> [What is needed] The answer is all of the data, repeated exactly.
━━━ Entries supplied
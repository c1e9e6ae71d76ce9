// Refusals of the case layer, and of a call.
ghost use Rattle.std.specs.Prelude.{◌≡◌};
ghost use Rattle.cases.specs.declared.faults.CallFault.TheVariants.{Text, Case, Kit};
ghost use Rattle.cases.specs.Faults.{case_refusal, refusal};

use kits::KitFault;
use texts::{Layer, Refusal, TextFault};

// Why a draft or a case refuses a call.
#[derive(Clone, Copy)]
pub enum CaseFault {
    // A clause's kind is not 1 to 4.
    UnknownKind,
    SecondProperty,
    // Forty clauses are taken.
    TooManyClauses,
    // A number is not in the table or not above the one before it: its index.
    NotInTable(usize),
    // There are over two premises, or no step has a premise's number: its index.
    NoSuchStep(usize),
    // Four hundred steps are taken.
    TooManySteps,
    // A state has a letter past the last one: the lowest such bit.
    StrayLetter(usize),
    // 64 positions are held.
    TooManyPositions,
    // The run is closed.
    ClosedRun,
    // There is no such back position.
    NoPosition,
    // A root formula is false at position 0: the smallest such number.
    FalseRoot(usize),
}

impl From<CaseFault> for Refusal {
    ghost from_gives = { λ f r. r ≡ case_refusal f };

    fn from(fault: CaseFault) -> Refusal {
        let (number, place) = match fault {
            CaseFault::UnknownKind => (6, 0),
            CaseFault::SecondProperty => (7, 0),
            CaseFault::TooManyClauses => (8, 0),
            CaseFault::NotInTable(index) => (10, index),
            CaseFault::NoSuchStep(index) => (11, index),
            CaseFault::TooManySteps => (13, 0),
            CaseFault::StrayLetter(bit) => (14, bit),
            CaseFault::TooManyPositions => (15, 0),
            CaseFault::ClosedRun => (16, 0),
            CaseFault::NoPosition => (17, 0),
            CaseFault::FalseRoot(number) => (18, number),
        };
        Refusal {
            number,
            layer: Layer::Case,
            place,
        }
    }
}

// Why a call is refused: the fault that caused it, of its own layer.
#[derive(Clone, Copy)]
pub enum CallFault {
    Text(TextFault),
    Case(CaseFault),
    Kit(KitFault),
}

impl From<CallFault> for Refusal {
    ghost from_gives = { λ f r. r ≡ refusal f };

    fn from(fault: CallFault) -> Refusal {
        match fault {
            CallFault::Text(fault) => Refusal::from(fault),
            CallFault::Case(fault) => Refusal::from(fault),
            CallFault::Kit(fault) => Refusal::from(fault),
        }
    }
}

// By hand, and not derived, since clauses name the fault that `?` makes.
impl From<TextFault> for CallFault {
    ghost from_gives = { λ f r. r ≡ Text f };

    fn from(fault: TextFault) -> CallFault {
        CallFault::Text(fault)
    }
}

impl From<CaseFault> for CallFault {
    ghost from_gives = { λ f r. r ≡ Case f };

    fn from(fault: CaseFault) -> CallFault {
        CallFault::Case(fault)
    }
}

impl From<KitFault> for CallFault {
    ghost from_gives = { λ f r. r ≡ Kit f };

    fn from(fault: KitFault) -> CallFault {
        CallFault::Kit(fault)
    }
}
━━━━━━
> [Output for this task]
repository c1e9e6ae71d76ce9
// Refusals of the case layer, and of a call.
ghost use Rattle.std.specs.Prelude.{◌≡◌};
ghost use Rattle.cases.specs.declared.faults.CallFault.TheVariants.{Text, Case, Kit};
ghost use Rattle.cases.specs.Faults.{case_refusal, refusal};

use kits::KitFault;
use texts::{Layer, Refusal, TextFault};

// Why a draft or a case refuses a call.
#[derive(Clone, Copy)]
pub enum CaseFault {
    // A clause's kind is not 1 to 4.
    UnknownKind,
    SecondProperty,
    // Forty clauses are taken.
    TooManyClauses,
    // A number is not in the table or not above the one before it: its index.
    NotInTable(usize),
    // There are over two premises, or no step has a premise's number: its index.
    NoSuchStep(usize),
    // Four hundred steps are taken.
    TooManySteps,
    // A state has a letter past the last one: the lowest such bit.
    StrayLetter(usize),
    // 64 positions are held.
    TooManyPositions,
    // The run is closed.
    ClosedRun,
    // There is no such back position.
    NoPosition,
    // A root formula is false at position 0: the smallest such number.
    FalseRoot(usize),
}

impl From<CaseFault> for Refusal {
    ghost from_gives = { λ f r. r ≡ case_refusal f };

    fn from(fault: CaseFault) -> Refusal {
        let (number, place) = match fault {
            CaseFault::UnknownKind => (6, 0),
            CaseFault::SecondProperty => (7, 0),
            CaseFault::TooManyClauses => (8, 0),
            CaseFault::NotInTable(index) => (10, index),
            CaseFault::NoSuchStep(index) => (11, index),
            CaseFault::TooManySteps => (13, 0),
            CaseFault::StrayLetter(bit) => (14, bit),
            CaseFault::TooManyPositions => (15, 0),
            CaseFault::ClosedRun => (16, 0),
            CaseFault::NoPosition => (17, 0),
            CaseFault::FalseRoot(number) => (18, number),
        };
        Refusal {
            number,
            layer: Layer::Case,
            place,
        }
    }
}

// Why a call is refused: the fault that caused it, of its own layer.
#[derive(Clone, Copy)]
pub enum CallFault {
    Text(TextFault),
    Case(CaseFault),
    Kit(KitFault),
}

impl From<CallFault> for Refusal {
    ghost from_gives = { λ f r. r ≡ refusal f };

    fn from(fault: CallFault) -> Refusal {
        match fault {
            CallFault::Text(fault) => Refusal::from(fault),
            CallFault::Case(fault) => Refusal::from(fault),
            CallFault::Kit(fault) => Refusal::from(fault),
        }
    }
}

// By hand, and not derived, since clauses name the fault that `?` makes.
impl From<TextFault> for CallFault {
    ghost from_gives = { λ f r. r ≡ Text f };

    fn from(fault: TextFault) -> CallFault {
        CallFault::Text(fault)
    }
}

impl From<CaseFault> for CallFault {
    ghost from_gives = { λ f r. r ≡ Case f };

    fn from(fault: CaseFault) -> CallFault {
        CallFault::Case(fault)
    }
}

impl From<KitFault> for CallFault {
    ghost from_gives = { λ f r. r ≡ Kit f };

    fn from(fault: KitFault) -> CallFault {
        CallFault::Kit(fault)
    }
}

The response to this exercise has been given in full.